Chart 1: Bimonthly breakdown of public sector securities under the PEPP1
** Remaining weighted average maturity (WAM) in years.
Notes: Figures may not add up due to rounding. Figures are preliminary and may be subject to revision. The purchase volumes are reported on a settlement basis and net of redemptions.
Source: European Central Bank website. https://www.ecb.europa.eu/mopo/implement/pepp/html/index.en.html
- SURE: Approved on 19 May 2020, the Support to mitigate Unemployment Risks in an Emergency (SURE) loan programme, is aimed at helping mitigate Unemployment Risks in an Emergency to EU member states by providing loans of up to €100bn total. EU bonds issuance fall under the social bond framework.
- NextGenerationEU: with an envelope of €750bn is a massive new source of funding to help repair the immediate economic and social damage brought about by the coronavirus pandemic. The goal is to make Europe greener, more digital, more resilient, and better fit for the current and forthcoming challenges.
Together the expected new issuance will position the EU as the second largest AAA rated issuer and will make the EU the largest €Supranational. Thus far, the new EU bonds issued under the SURE programme have benefitted from very strong investor demand in the primary markets3. The strong investor demand is a positive sign given the EU’s ambition to raise their outstanding debt by nearly 17 times the level it was prior to the Covid-19 pandemic. EU bonds could add another highly rated and liquid instrument with the capacity to become a larger share of the ECB’s asset purchases under their quantitative easing programmes. While the supply of EU bonds will rise, the demand for these bonds by investors appears to be strong and the ECB may not be too far behind in this game.
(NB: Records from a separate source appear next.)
//! Values as words of 64 bits, for tables of words that several threads share.
ghost use Rattle.std.specs.Prelude.{◌≡◌, ◌<◌, ◌/◌, ◌%◌, ◌^◌, ◌≤◌, ◌≢◌, Some, IfSome, IfNone, ◌↔◌, option_map};
ghost use Rattle.at_value.specs.declared.value.Value as values;
ghost use Rattle.at_value.specs.declared.value.Value.TheVariants as value;
ghost use Rattle.std.specs.Int.{w32, cast_signed};
ghost use Rattle.at_value.specs.Widths.{names, objects, classes, functions, kind_bits, integer_bits};
ghost use Rattle.at_value.specs.Fields.{FitWord};
ghost use Rattle.at_value.specs.Words.{IsValue, fields_of, word_of, HasWord};
ghost use Rattle.at_value.specs.Reading.{integer_in, index_in, below, value_at_kind, value_in_word};

use crate::bits::{joined, split};
use crate::number::{Class, Func, Name, Obj};
use crate::value::{Prop, Value};

const KIND_BITS: u32 = 4;

// The kinds of values, as their words have them.
const NOTHING: u64 = 1;

const INT: u64 = 2;

const TEXT: u64 = 3;

const FUNC: u64 = 4;

const PROP: u64 = 5;

const STATIC: u64 = 6;

const CLASS_METHOD: u64 = 7;

const CLASS: u64 = 8;

const OBJ: u64 = 9;

fn kind_of(v: &Value) -> u64
    ensures same { result ≡ word_of v.now % 2 ^ kind_bits }
    ensures positive { 0 < result }
{
    match v {
        Value::Nothing => NOTHING,
        Value::Int(_) => INT,
        Value::Text(_) => TEXT,
        Value::Func(_) => FUNC,
        Value::Prop(_) => PROP,
        Value::Static(_) => STATIC,
        Value::ClassM(_) => CLASS_METHOD,
        Value::Class(_) => CLASS,
        Value::Obj(_) => OBJ,
    }
}

fn integer_of(v: Value) -> u32
    ensures { result ≡ integer_in v }
{
    match v {
        Value::Int(i) => i.cast_unsigned(),
        _ => 0,
    }
}

fn index_of(v: Value) -> u16
    ensures { result ≡ index_in v }
{
    match v {
        Value::Text(n) => n.number(),
        Value::Func(f) | Value::Static(f) | Value::ClassM(f) => f.number(),
        Value::Class(c) => c.number(),
        Value::Obj(o) => o.number(),
        Value::Nothing | Value::Int(_) | Value::Prop(_) => 0,
    }
}

/// Like numbers are taken together, so that the built code needs no table of the kinds.
fn rest_of(v: Value) -> u64
    ensures same { result ≡ word_of v / 2 ^ kind_bits }
    ensures range { IsValue v }
{
    match v {
        Value::Prop(p) => p.number(),
        Value::Nothing | Value::Int(_) => u64::from(integer_of(v)),
        Value::Text(_)
        | Value::Func(_)
        | Value::Static(_)
        | Value::ClassM(_)
        | Value::Class(_)
        | Value::Obj(_) => u64::from(index_of(v)),
    }
}

/// The word of a value, which is never 0. The lowest bits are its kind and those above them its numbers; the
/// bits that it doesn't use are 0. The layout is this project's own, and stands in `docs/DATA_MODEL.md`, "Words".
pub fn to_word(v: Value) -> u64
    ensures word { result ≡ word_of v }
    ensures positive { 0 < result }
    ensures range { IsValue v }
{
    let kind = kind_of(&v);
    joined(rest_of(v), KIND_BITS, kind)
}

pub(crate) fn name_at(n: u64) -> Option<Name>
    ensures { result ≡ below names n }
{
    Name::new(u16::try_from(n).ok()?)
}

fn func_at(n: u64) -> Option<Func>
    ensures { result ≡ below functions n }
{
    Func::new(u16::try_from(n).ok()?)
}

pub(crate) fn class_at(n: u64) -> Option<Class>
    ensures { result ≡ below classes n }
{
    Class::new(u16::try_from(n).ok()?)
}

pub(crate) fn object_at(n: u64) -> Option<Obj>
    ensures { result ≡ below objects n }
{
    Obj::new(u16::try_from(n).ok()?)
}

fn int_at(n: u64) -> Option<Value>
    ensures { result ≡ option_map (λ bits. value.Int (cast_signed w32 bits)) (below (2 ^ integer_bits) n) }
{
    let bits = u32::try_from(n).ok()?;
    Some(Value::Int(bits.cast_signed()))
}

/// The kind is that of nothing, integers or texts.
fn simple_value(kind: u64, rest: u64) -> Option<Value>
    requires first { 1 ≤ kind }
    requires last { kind ≤ 3 }
    ensures { result ≡ value_at_kind kind rest }
{
    match kind {
        NOTHING if rest == 0 => Some(Value::Nothing),
        INT => int_at(rest),
        TEXT => Some(Value::Text(name_at(rest)?)),
        _ => None,
    }
}

/// The kind is that of functions, staticmethods or classmethods.
fn function_value(kind: u64, f: Func) -> Value
    requires first { 4 ≤ kind }
    requires last { kind ≤ 7 }
    requires one { kind ≢ 5 }
    ensures { Some result ≡ value_at_kind kind f }
{
    match kind {
        FUNC => Value::Func(f),
        STATIC => Value::Static(f),
        _ => Value::ClassM(f),
    }
}

fn class_or_object(kind: u64, rest: u64) -> Option<Value>
    requires first { 8 ≤ kind }
    requires last { kind ≤ 9 }
    ensures { result ≡ value_at_kind kind rest }
{
    match kind {
        CLASS => Some(Value::Class(class_at(rest)?)),
        _ => Some(Value::Obj(object_at(rest)?)),
    }
}

/// The kinds are told apart a few at a time, so that the built code needs no table of them.
fn value_of_kind(kind: u64, rest: u64) -> Option<Value>
    ensures { result ≡ value_at_kind kind rest }
{
    match kind {
        NOTHING..=TEXT => simple_value(kind, rest),
        PROP => Some(Value::Prop(Prop::of_number(rest)?)),
        FUNC..=CLASS_METHOD => Some(function_value(kind, func_at(rest)?)),
        CLASS..=OBJ => class_or_object(kind, rest),
        _ => None,
    }
}

pub(crate) fn read_value(w: u64) -> Option<Value>
    ensures { result ≡ value_in_word w }
{
    let (kind, rest) = split(w, KIND_BITS);
    value_of_kind(kind, rest)
}

/// The value whose word this is, and none exactly where it is the word of no value: where the kind is none of the nine,
/// a number is out of its range, or a bit is set that the kind doesn't use. The layout is that of `to_word`.
pub fn from_word(w: u64) -> Option<Value>
    ensures same { (v : values.Value) → (result ≡ Some v) ↔ HasWord v w }
    ensures some { IfSome result (λ v. HasWord v w) }
    ensures none { IfNone result ((v : values.Value) → ¬ HasWord v w) }
{
    read_value(w)
}

/// What is true of all words: each number of a value in range fits into its field, and the fields into the word; no
/// value's word is 0, and no two values in range have one word. It does nothing.
pub fn word_laws()
    ensures fields { (v : values.Value) → IsValue v → FitWord (fields_of v) }
    ensures positive { (v : values.Value) → 0 < word_of v }
    ensures one_each { (u v : values.Value) → IsValue u → IsValue v → word_of u ≡ word_of v → u ≡ v }
{}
With 2021 already off to a rocky start as Europe’s mass vaccination programme faces large supply delays, the ECB and the EU will need all the tools possible to restart an economy that continues to face weak inflation and an uncertain growth outlook in the first half of 2021.
Source
1 European Central Bank website. https://www.ecb.europa.eu/mopo/implement/pepp/html/index.en.html. As noted in “resolution 2020/440” of the ECB.
2 As at 31 December 2020, using the Bloomberg Barclays Euro Aggregate Bond Index (LBEATREU) as a reference for the Euro Aggregate universe and € Supranational debt.
3 European Commission website, as of 18 January 2021. European Commission European Union Investor Presentation, January 2021.